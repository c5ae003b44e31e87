ghost use Rattle.std.specs.Prelude.{◌≡◌, IfOk};

use crate::OutOfMemory;
use dw_base::Listed;
use dw_key::DType;

/// The types of events that are asked for.
#[derive(Debug, Drop, PartialEq, Eq)]
pub enum Types {
    All,
    Only { types: Listed<DType> },
}

impl Types {
    ghost use Rattle.dw_event.specs.Wanted.{is_type_wanted};

    /// Whether an event of this type is asked for.
    pub fn want(&self, dtype: &DType) -> bool
        ensures { result ≡ is_type_wanted self.now dtype.now }
    {
        match self {
            Types::All => true,
            Types::Only { types } => types.as_slice().contains(dtype),
        }
    }

    /// An equal value of its own.
    pub fn copy(&self) -> Result<Types, OutOfMemory>
        ensures { IfOk result (λ t. t ≡ self.now) }
    {
        match self {
            Types::All => Ok(Types::All),
            Types::Only { types } => {
                let types = types.copy()?;
                Ok(Types::Only { types })
            }
        }
    }
}
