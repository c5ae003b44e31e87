ghost use Rattle.std.specs.Prelude.{◌≡◌, length};
ghost use Rattle.std.specs.Option.{option_map, option_and_then};
ghost use Rattle.dw_event.specs.Marks.{after_mark, front_number, front_digits, after_dash, front_pair, pair_uid, mark_uid};

use crate::uids::UidMaker;
use dw_base::read_numeral;
use dw_key::Uid;

/// Reads the uid from the record itself. For tests. At the first place where the bytes 0, `I`, `D`, 0
/// stand it reads decimal digits s, a `-` and decimal digits i, both below 2^32, and gives the 8 bytes
/// of s, 16 bytes 0 and the 8 bytes of i, the highest first. Where it finds none it gives 32 bytes 0.
#[derive(Clone, Copy, Debug)]
pub struct MarkUid;

impl UidMaker for MarkUid {
    ghost digest = { mark_uid };

    fn digest(&self, canonical: &[u8]) -> Uid {
        match marked_pair(canonical) {
            Some((s, i)) => spelled(s, i),
            None => [0; 32],
        }
    }
}

fn marked_pair(canonical: &[u8]) -> Option<(u32, u32)>
    ensures { result ≡ option_and_then front_pair (after_mark canonical.now) }
{
    read_pair(read_mark(canonical)?)
}

fn read_mark(canonical: &[u8]) -> Option<&[u8]>
    ensures { option_map (λ x. x.now) result ≡ after_mark canonical.now }
{
    let mut rest = canonical;
    while let [_, after @ ..] = rest {
        if rest.starts_with(b"\0ID\0") {
            return Some(&rest[4..]);
        }
        rest = after;
    }
    None
}

fn read_pair(text: &[u8]) -> Option<(u32, u32)>
    ensures { result ≡ front_pair text.now }
{
    let (s, rest) = read_number(text)?;
    let (i, _) = read_number(read_dash(rest)?)?;
    Some((s, i))
}

fn read_dash(text: &[u8]) -> Option<&[u8]>
    ensures { option_map (λ x. x.now) result ≡ after_dash text.now }
{
    match text {
        [b'-', rest @ ..] => Some(rest),
        _ => None,
    }
}

#[tactic(auto, using(crate::proofs::Spelling::fronts))]
fn read_number(text: &[u8]) -> Option<(u32, &[u8])>
    ensures { option_map (λ (n, rest). (n, rest.now)) result ≡ front_number text.now }
{
    let count = count_digits(text);
    let number = read_numeral(&text[..count], u64::from(u32::MAX))?;
    Some((number as u32, &text[count..]))
}

fn count_digits(text: &[u8]) -> usize
    ensures { result ≡ length (front_digits text.now) }
{
    text.iter().take_while(|b| b.is_ascii_digit()).count()
}

fn spelled(s: u32, i: u32) -> Uid
    ensures { result ≡ pair_uid (s, i) }
{
    let s = u64::from(s).to_be_bytes();
    let i = u64::from(i).to_be_bytes();
    [
        s[0], s[1], s[2], s[3], s[4], s[5], s[6], s[7], 0, 0, 0, 0, 0, 0, 0, 0, 0, 0, 0, 0, 0, 0,
        0, 0, i[0], i[1], i[2], i[3], i[4], i[5], i[6], i[7],
    ]
}
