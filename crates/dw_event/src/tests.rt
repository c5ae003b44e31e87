use crate::places::number;
use crate::{
    Cells, ConstUid, Event, EventCell, MarkUid, Pair, Place, Record, ShaUid, UidMaker, View,
    canonical, place, view,
};
use dw_key::{DType, Text, Uid};
use dw_vis::{Auths, Vis};
use std::alloc::Global;
use std::test::Fail;

fn record_of(alloc: Global, cells: &[(&str, &str)]) -> Result<Record, Fail> {
    let mut all = Cells::new(alloc);
    for (field, raw) in cells {
        let field = Text::of(alloc, field)?;
        let raw = Text::of(alloc, raw)?;
        let vis = Vis::everyone(alloc);
        all.put(EventCell { field, raw, vis })?;
    }
    Ok(Record {
        dtype: DType::of(b"lab").ok_or("no type")?,
        date: Text::of(alloc, "20240101")?,
        cells: all,
    })
}

/// A uid with these four bytes at the end of its first word, and of its last.
fn uid_of(s: [u8; 4], i: [u8; 4]) -> Uid {
    [
        0, 0, 0, 0, s[0], s[1], s[2], s[3], 0, 0, 0, 0, 0, 0, 0, 0, 0, 0, 0, 0, 0, 0, 0, 0, 0, 0,
        0, 0, i[0], i[1], i[2], i[3],
    ]
}

fn place_by_mark(alloc: Global, id: &str) -> Result<Place, Fail> {
    let rec = record_of(alloc, &[("A", "x"), ("ID", id)])?;
    Ok(place(alloc, &MarkUid, &rec)?)
}

#[test]
fn cells_come_in_order_and_once(rt: HostRuntime) -> Result<(), Fail> {
    let alloc = rt.alloc();
    let puts = [
        ("B", "2"),
        ("A", "x"),
        ("B", "1"),
        ("A", "x"),
        ("B", "10"),
        ("A1", "a"),
    ];
    let cells = record_of(alloc, &puts)?.cells;
    let kept = [("A", "x"), ("A1", "a"), ("B", "1"), ("B", "10"), ("B", "2")];
    assert_eq!(rt; cells.as_slice().len(), 5);
    for (cell, (field, raw)) in cells.as_slice().iter().zip(kept) {
        assert_eq!(rt; cell.field.as_str(), field);
        assert_eq!(rt; cell.raw.as_str(), raw);
    }
    let other = cells.copy()?;
    assert!(rt; cells.is_same(&other));
    assert!(rt; cells == other);
    assert!(rt; !cells.is_same(&Cells::new(alloc)));
    Ok(())
}

#[test]
fn a_record_has_its_canonical_bytes(rt: HostRuntime) -> Result<(), Fail> {
    let alloc = rt.alloc();
    let rec = record_of(alloc, &[("ID", "0-1"), ("B", "2"), ("B", "1")])?;
    let bytes = canonical(alloc, &rec)?;
    let wanted = b"lab\x0020240101\0B\x001\0\0B\x002\0\0ID\x000-1\0\0";
    assert_eq!(rt; bytes.as_slice(), wanted.as_slice());
    Ok(())
}

#[test]
fn sha_of_abc_is_the_standards(rt: HostRuntime) {
    let uid = ShaUid.digest(b"abc");
    let wanted = [
        0xba, 0x78, 0x16, 0xbf, 0x8f, 0x01, 0xcf, 0xea, 0x41, 0x41, 0x40, 0xde, 0x5d, 0xae, 0x22,
        0x23, 0xb0, 0x03, 0x61, 0xa3, 0x96, 0x17, 0x7a, 0x9c, 0xb4, 0x10, 0xff, 0x61, 0xf2, 0x00,
        0x15, 0xad,
    ];
    assert_eq!(rt; uid, wanted);
    assert_eq!(rt; number(&uid), 10);
}

#[test]
fn a_mark_gives_the_uid(rt: HostRuntime) {
    let none = ([0; 4], [0; 4]);
    let most = ([255; 4], [255; 4]);
    let cases = [
        ("lab\020240101\0ID\00-1\0\0", ([0; 4], [0, 0, 0, 1])),
        ("\0ID\012-258\0", ([0, 0, 0, 12], [0, 0, 1, 2])),
        ("\0ID\0007-0008x", ([0, 0, 0, 7], [0, 0, 0, 8])),
        ("\0ID\04294967295-4294967295", most),
        ("\0ID\04294967296-1", none),
        ("\0ID\01-4294967296", none),
        ("\0ID\01", none),
        ("\0ID\0-1", none),
        ("\0ID\01-", none),
        ("\0ID\0x\0\0ID\01-2", none),
        ("ID\01-2\0XID\01-2", none),
        ("", none),
    ];
    for (text, (s, i)) in cases {
        assert_eq!(rt; MarkUid.digest(text.as_bytes()), uid_of(s, i), "{text:?}");
    }
}

#[test]
fn a_record_has_its_place(rt: HostRuntime) -> Result<(), Fail> {
    let alloc = rt.alloc();
    let cases = [
        ("0-1", "20240101_0", uid_of([0; 4], [0, 0, 0, 1])),
        ("2-1", "20240101_2", uid_of([0, 0, 0, 2], [0, 0, 0, 1])),
        ("10-1", "20240101_10", uid_of([0, 0, 0, 10], [0, 0, 0, 1])),
        ("31-2", "20240101_15", uid_of([0, 0, 0, 31], [0, 0, 0, 2])),
    ];
    for (id, shard, uid) in cases {
        let found = place_by_mark(alloc, id)?;
        assert_eq!(rt; found.shard.as_str(), shard);
        assert_eq!(rt; found.key.dtype.as_slice(), b"lab".as_slice());
        assert_eq!(rt; found.key.uid, uid);
    }
    Ok(())
}

#[test]
fn places_ascend_by_the_bytes_of_the_shard(rt: HostRuntime) -> Result<(), Fail> {
    let alloc = rt.alloc();
    let second = place_by_mark(alloc, "2-1")?;
    let tenth = place_by_mark(alloc, "10-1")?;
    assert!(rt; tenth < second);
    Ok(())
}

#[test]
fn a_constant_uid_gives_records_one_place(rt: HostRuntime) -> Result<(), Fail> {
    let alloc = rt.alloc();
    let one = place(alloc, &ConstUid, &record_of(alloc, &[("A", "x")])?)?;
    let other = place(alloc, &ConstUid, &record_of(alloc, &[("A", "y")])?)?;
    assert!(rt; one == other);
    assert_eq!(rt; one.shard.as_str(), "20240101_0");
    assert_eq!(rt; one.key.uid, [0; 32]);
    Ok(())
}

/// An event of three cells of one value and another of one field, which unlike readers see.
fn event_of(alloc: Global) -> Result<Event, Fail> {
    let mut cells = Cells::new(alloc);
    for (raw, vis) in [("2", "S&T"), ("1", "S"), ("1", ""), ("1", "T")] {
        let field = Text::of(alloc, "A")?;
        let raw = Text::of(alloc, raw)?;
        let vis = Vis::parse(alloc, vis.as_bytes()).or(Err("no visibility"))?;
        cells.put(EventCell { field, raw, vis })?;
    }
    let place = place_by_mark(alloc, "0-1")?;
    Ok(Event {
        shard: place.shard,
        key: place.key,
        cells,
        batch: 1,
    })
}

fn shows(view: &View, raws: &[&str]) -> bool {
    let pairs = view.as_slice();
    pairs.len() == raws.len()
        && pairs
            .iter()
            .zip(raws)
            .all(|(pair, raw)| is_shown(pair, raw))
}

fn is_shown(pair: &Pair, raw: &str) -> bool {
    pair.field.as_str() == "A" && pair.raw.as_str() == raw
}

#[test]
fn readers_see_what_they_may(rt: HostRuntime) -> Result<(), Fail> {
    let alloc = rt.alloc();
    let event = event_of(alloc)?;
    assert_eq!(rt; event.cells.as_slice().len(), 4);
    let mut auths = Auths::new(alloc);
    let seen = view(alloc, &event, &auths)?;
    assert!(rt; shows(&seen, &["1"]));
    auths.add("S")?;
    let seen = view(alloc, &event, &auths)?;
    assert!(rt; shows(&seen, &["1"]));
    auths.add("T")?;
    let seen = view(alloc, &event, &auths)?;
    assert!(rt; shows(&seen, &["1", "2"]));
    assert!(rt; shows(&seen.copy()?, &["1", "2"]));
    Ok(())
}

#[test]
fn a_visibility_stands_in_the_canonical_bytes(rt: HostRuntime) -> Result<(), Fail> {
    let alloc = rt.alloc();
    let rec = Record {
        dtype: DType::of(b"lab").ok_or("no type")?,
        date: Text::of(alloc, "20240101")?,
        cells: event_of(alloc)?.cells,
    };
    let bytes = canonical(alloc, &rec)?;
    let wanted = b"lab\x0020240101\0A\x001\0\0A\x001\0S\0A\x001\0T\0A\x002\0S&T\0";
    assert_eq!(rt; bytes.as_slice(), wanted.as_slice());
    Ok(())
}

§ **Directions for this task**
Look through the data above and return each line where the string "Rattle" occurs.

§ **The answer**
ghost use Rattle.std.specs.Prelude.{◌≡◌, IfOk};
    ghost use Rattle.dw_event.specs.Wanted.{is_type_wanted};
ghost use Rattle.std.specs.Prelude.{◌≡◌, length};
ghost use Rattle.std.specs.Option.{option_map, option_and_then};
ghost use Rattle.dw_event.specs.Marks.{after_mark, front_number, front_digits, after_dash, front_pair, pair_uid, mark_uid};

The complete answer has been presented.